## Provided material
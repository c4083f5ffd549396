//! The cases of logs that are read, scanned, written and checked, and of proofs.
#![tactic(auto)]

mod checks;
mod defects;
mod heads;
mod logs;
mod proofs;
mod trees;

use case_tables::{Case, Kinds, Sheet, Tried, judge};
use std::alloc::Global;
use std::process::ExitCode;

/// The kinds of cases of this program.
struct LogKinds;

impl Kinds for LogKinds {
    fn answer<'a>(&self, alloc: Global, case: &'a Case<'a>, sheet: &mut Sheet<'a>) -> Tried {
        let steps = case.steps.as_slice();
        match case.kind {
            "logs" => logs::answer(alloc, steps, sheet),
            "programs" => proofs::answer(alloc, steps, sheet),
            _ => sheet.refused(),
        }
    }
}

fn main(rt: HostRuntime) -> ExitCode {
    judge(&rt, &LogKinds)
}
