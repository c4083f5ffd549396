//! What is printed of defects.
use case_tables::Sheet;
use log_lines::Defect;

/// Prints the line and the kind of a defect, or that there is none.
pub fn put_defect(defect: Option<Defect>, sheet: &mut Sheet) {
    match defect {
        None => sheet.line("no defect"),
        Some(defect) => {
            sheet.put("line ");
            sheet.show(defect.line);
            sheet.put(", kind ");
            sheet.show(defect.kind);
            sheet.line("");
        }
    }
}
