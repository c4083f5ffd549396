//! Proofs over a program, and boxes that are settled.
ghost use Rattle.std.specs.Prelude.{map};
ghost use Rattle.proof_tree.specs.Views.{present};
ghost use Rattle.row_relax.specs.View.{view_of, Fits};

use crate::defects::put_defect;
use case_programs::put_cap;
use case_tables::{Sheet, Tried};
use log_lines::Limits;
use proof_log::{LogStop, read_log};
use proof_tree::{Relaxation, cap_of};
use row_kit::Area;
use row_relax::{RowPick, RowProof, Rows};
use std::alloc::{AllocError, Global};

/// The limits of the nodes of `tree`: those of all programs, so that a cut may name a row that this one has not.
const LIMITS: Limits = Limits {
    rows: 45_904,
    slots: 512,
    points: 512,
    depth: 4_608,
};

/// `tree`, over the lines of nodes: the cap of that proof over the root, or the first text defect behind the line `stn-log 2`.
pub fn tree(alloc: Global, rows: &Rows, sheet: &mut Sheet) -> Tried {
    let text = log_around(alloc, sheet.text())?;
    match read_log(alloc, text.as_bytes(), &LIMITS) {
        Ok(log) => put_root_cap(alloc, rows, &log.tree, sheet),
        Err(LogStop::Defect(defect)) => {
            put_defect(Some(defect), sheet);
            Ok(())
        }
        Err(LogStop::Memory) => Err(AllocError),
    }
}

// The log of the lines of nodes.
fn log_around(alloc: Global, nodes: &str) -> Result<String, AllocError> {
    format!(in alloc; "stn-log 2\n{nodes}claim infeasible\nend\n")
}

// The cap of a proof over the root.
fn put_root_cap(alloc: Global, rows: &Rows, proof: &RowProof, sheet: &mut Sheet) -> Tried {
    let mut area = rows.root_area(alloc)?;
    put_cap(cap_of(rows, &mut area, proof), sheet);
    Ok(())
}

/// `settle PART PART`: what the box settles to that keeps these parts of its first two slots: `0` for that value, `+` for those
/// above it, `*` for both.
pub fn settle(alloc: Global, rows: &Rows, sheet: &mut Sheet) -> Tried {
    let first = sheet.word();
    let second = sheet.word();
    let mut area = rows.root_area(alloc)?;
    keep_part(rows, &mut area, 0, first);
    keep_part(rows, &mut area, 1, second);
    put_cap(rows.settle(&area), sheet);
    Ok(())
}

fn keep_part(rows: &Rows, area: &mut Area, slot: u32, part: &str)
    requires { Fits rows.now.program (present (map view_of area.old)) }
    ensures { Fits rows.now.program (present (map view_of area.new)) }
{
    let pick = RowPick {
        slot,
        max: 0,
        floor: None,
    };
    if part == "0" {
        rows.left(area, &pick);
    } else if part == "+" {
        rows.right(area, &pick);
    }
}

## What to do
List the lines of the records where "LogKinds" occurs.

## Response to the exercise
struct LogKinds;
impl Kinds for LogKinds {
    judge(&rt, &LogKinds)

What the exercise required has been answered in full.